(Stored data)
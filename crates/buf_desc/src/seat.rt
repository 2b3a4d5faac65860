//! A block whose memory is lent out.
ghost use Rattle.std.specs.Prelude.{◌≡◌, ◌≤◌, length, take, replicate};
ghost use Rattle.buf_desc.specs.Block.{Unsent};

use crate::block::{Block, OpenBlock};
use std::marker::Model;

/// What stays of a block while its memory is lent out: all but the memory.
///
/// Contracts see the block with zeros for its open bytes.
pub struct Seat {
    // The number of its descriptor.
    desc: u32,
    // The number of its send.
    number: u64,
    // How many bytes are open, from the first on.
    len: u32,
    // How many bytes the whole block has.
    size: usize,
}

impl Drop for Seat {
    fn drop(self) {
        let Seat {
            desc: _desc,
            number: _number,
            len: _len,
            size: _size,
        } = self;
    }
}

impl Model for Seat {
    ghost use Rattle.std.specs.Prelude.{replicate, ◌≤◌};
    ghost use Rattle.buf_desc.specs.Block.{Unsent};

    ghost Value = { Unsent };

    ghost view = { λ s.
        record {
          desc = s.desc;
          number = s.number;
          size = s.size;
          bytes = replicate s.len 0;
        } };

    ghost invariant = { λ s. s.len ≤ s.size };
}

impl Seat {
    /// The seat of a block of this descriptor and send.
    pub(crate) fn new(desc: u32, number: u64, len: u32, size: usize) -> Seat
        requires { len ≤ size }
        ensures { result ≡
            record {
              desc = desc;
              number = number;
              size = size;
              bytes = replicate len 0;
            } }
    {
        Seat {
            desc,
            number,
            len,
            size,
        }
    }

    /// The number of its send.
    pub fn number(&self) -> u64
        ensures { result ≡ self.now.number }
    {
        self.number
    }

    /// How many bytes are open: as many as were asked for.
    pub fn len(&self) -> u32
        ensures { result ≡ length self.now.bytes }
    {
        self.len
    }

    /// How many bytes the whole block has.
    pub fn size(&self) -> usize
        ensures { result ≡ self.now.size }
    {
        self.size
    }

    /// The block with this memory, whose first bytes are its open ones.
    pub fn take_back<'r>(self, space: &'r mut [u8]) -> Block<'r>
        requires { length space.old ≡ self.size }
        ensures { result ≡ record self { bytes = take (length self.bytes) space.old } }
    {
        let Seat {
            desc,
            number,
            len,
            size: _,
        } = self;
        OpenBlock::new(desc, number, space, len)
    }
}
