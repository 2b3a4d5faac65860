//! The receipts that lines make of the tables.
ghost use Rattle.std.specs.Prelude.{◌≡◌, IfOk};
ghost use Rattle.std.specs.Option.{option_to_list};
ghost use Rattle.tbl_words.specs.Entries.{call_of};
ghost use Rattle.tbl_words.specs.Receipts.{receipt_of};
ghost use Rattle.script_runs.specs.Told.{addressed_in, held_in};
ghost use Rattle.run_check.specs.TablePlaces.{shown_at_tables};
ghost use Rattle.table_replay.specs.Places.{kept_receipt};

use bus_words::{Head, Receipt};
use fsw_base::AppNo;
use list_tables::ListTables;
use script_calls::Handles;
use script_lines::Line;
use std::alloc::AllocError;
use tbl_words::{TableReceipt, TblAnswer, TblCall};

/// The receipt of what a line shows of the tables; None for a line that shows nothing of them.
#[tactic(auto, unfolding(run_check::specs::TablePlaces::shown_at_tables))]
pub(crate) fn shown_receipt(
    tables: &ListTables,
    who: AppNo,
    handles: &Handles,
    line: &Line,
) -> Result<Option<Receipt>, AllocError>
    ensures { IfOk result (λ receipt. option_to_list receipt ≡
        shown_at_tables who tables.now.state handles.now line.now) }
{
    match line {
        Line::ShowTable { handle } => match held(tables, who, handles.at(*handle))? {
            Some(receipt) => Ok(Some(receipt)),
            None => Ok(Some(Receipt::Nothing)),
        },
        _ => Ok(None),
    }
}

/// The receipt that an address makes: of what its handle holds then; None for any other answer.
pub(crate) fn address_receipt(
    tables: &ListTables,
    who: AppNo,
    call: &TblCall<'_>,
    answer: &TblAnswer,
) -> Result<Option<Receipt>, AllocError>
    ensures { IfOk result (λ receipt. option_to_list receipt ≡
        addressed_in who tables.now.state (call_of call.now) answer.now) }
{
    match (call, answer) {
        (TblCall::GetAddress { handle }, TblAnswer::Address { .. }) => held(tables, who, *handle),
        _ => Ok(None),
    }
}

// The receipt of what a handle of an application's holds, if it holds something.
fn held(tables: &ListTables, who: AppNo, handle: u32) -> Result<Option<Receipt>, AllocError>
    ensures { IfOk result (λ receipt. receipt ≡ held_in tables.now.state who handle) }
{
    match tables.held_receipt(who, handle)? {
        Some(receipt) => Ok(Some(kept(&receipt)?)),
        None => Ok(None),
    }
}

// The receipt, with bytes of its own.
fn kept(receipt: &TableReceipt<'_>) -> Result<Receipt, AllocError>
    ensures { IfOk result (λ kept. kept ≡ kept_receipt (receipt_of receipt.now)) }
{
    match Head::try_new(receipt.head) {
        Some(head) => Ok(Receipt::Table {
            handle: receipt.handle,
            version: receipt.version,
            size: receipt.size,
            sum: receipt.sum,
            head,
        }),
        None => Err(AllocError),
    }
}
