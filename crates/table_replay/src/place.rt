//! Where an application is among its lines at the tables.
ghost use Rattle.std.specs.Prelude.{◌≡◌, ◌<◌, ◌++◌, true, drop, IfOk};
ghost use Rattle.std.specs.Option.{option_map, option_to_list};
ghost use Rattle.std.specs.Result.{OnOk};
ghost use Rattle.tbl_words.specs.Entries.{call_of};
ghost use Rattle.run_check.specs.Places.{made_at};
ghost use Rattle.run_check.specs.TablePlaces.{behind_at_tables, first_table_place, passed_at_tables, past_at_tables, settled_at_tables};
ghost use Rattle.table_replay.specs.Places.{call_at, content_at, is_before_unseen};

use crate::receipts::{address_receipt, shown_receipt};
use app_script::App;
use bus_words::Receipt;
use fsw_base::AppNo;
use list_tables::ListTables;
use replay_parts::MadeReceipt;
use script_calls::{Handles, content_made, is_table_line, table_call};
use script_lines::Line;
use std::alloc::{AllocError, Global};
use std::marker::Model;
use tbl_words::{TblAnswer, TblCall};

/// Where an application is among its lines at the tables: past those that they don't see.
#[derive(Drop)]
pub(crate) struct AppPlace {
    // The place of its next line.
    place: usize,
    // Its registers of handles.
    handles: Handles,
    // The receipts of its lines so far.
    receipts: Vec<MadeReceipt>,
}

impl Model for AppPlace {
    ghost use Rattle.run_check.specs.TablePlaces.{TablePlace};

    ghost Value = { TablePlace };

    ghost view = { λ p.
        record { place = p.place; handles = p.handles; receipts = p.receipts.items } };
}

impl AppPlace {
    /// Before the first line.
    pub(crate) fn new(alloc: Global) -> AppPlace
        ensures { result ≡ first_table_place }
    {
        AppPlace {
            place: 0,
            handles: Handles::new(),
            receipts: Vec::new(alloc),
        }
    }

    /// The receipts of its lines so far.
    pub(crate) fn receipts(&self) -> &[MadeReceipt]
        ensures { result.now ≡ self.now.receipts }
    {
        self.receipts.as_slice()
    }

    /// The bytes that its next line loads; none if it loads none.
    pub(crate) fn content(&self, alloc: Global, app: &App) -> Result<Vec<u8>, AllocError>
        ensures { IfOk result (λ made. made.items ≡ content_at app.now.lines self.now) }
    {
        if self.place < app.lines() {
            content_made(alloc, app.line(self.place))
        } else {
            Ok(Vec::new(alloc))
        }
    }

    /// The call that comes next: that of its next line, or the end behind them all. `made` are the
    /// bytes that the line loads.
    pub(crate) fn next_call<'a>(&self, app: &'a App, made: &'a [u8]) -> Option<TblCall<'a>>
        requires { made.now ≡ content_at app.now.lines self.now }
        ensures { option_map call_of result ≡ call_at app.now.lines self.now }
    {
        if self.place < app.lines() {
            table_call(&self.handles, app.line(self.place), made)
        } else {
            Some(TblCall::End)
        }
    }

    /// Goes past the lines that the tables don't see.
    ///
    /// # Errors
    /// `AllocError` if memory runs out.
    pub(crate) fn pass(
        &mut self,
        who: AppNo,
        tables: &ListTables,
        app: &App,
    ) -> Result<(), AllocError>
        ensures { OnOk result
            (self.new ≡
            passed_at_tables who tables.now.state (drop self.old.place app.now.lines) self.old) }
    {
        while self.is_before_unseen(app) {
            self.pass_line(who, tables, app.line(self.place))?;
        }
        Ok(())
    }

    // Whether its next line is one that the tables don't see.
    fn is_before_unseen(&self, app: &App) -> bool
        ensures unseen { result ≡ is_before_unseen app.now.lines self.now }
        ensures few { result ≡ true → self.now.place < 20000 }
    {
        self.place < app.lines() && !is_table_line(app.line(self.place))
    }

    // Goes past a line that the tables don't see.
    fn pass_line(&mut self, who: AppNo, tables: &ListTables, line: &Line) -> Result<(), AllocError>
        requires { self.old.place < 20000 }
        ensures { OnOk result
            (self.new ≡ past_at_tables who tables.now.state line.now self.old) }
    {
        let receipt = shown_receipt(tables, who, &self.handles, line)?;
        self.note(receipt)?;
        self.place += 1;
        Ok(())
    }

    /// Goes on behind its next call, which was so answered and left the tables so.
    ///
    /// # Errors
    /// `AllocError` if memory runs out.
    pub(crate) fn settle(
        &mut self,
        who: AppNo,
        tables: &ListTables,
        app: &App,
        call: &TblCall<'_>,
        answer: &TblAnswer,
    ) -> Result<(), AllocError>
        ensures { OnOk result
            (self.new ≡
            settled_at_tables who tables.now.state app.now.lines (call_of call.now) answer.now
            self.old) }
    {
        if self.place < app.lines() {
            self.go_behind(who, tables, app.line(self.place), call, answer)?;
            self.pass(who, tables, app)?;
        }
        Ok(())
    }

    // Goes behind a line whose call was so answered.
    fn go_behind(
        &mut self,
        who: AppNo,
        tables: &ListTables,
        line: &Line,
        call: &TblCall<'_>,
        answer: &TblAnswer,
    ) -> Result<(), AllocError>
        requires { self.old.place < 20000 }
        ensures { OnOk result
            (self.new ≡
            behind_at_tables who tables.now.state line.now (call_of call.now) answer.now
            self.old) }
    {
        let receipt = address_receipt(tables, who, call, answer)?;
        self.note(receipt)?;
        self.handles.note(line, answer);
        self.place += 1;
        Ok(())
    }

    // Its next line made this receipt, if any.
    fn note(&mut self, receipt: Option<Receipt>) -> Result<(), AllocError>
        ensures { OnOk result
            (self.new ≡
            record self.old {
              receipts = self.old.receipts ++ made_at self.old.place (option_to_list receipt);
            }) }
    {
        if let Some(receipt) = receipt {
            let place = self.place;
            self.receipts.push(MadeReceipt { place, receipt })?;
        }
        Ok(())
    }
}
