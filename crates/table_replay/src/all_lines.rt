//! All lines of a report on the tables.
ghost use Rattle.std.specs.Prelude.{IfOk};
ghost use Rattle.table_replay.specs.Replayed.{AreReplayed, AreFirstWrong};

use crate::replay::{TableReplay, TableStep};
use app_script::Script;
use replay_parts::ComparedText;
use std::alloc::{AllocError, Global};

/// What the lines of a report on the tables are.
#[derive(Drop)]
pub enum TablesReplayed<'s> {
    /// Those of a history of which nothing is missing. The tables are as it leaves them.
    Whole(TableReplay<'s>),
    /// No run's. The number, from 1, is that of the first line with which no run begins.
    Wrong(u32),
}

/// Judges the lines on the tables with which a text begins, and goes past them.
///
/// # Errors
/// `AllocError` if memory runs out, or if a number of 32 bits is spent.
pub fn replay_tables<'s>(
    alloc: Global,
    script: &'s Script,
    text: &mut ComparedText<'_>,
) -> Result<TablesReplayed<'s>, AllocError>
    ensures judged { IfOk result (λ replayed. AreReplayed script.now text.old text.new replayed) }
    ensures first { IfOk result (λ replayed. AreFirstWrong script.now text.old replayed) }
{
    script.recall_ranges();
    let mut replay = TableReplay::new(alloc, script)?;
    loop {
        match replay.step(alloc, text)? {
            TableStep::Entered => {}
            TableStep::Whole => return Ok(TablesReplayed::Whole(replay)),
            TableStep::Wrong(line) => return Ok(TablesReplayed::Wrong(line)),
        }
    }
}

■ **TASK ITEM**
Which lines above contain the word "report"? Copy all of them.

■ **ANSWER TO THE PROBLEM**
//! All lines of a report on the tables.
/// What the lines of a report on the tables are.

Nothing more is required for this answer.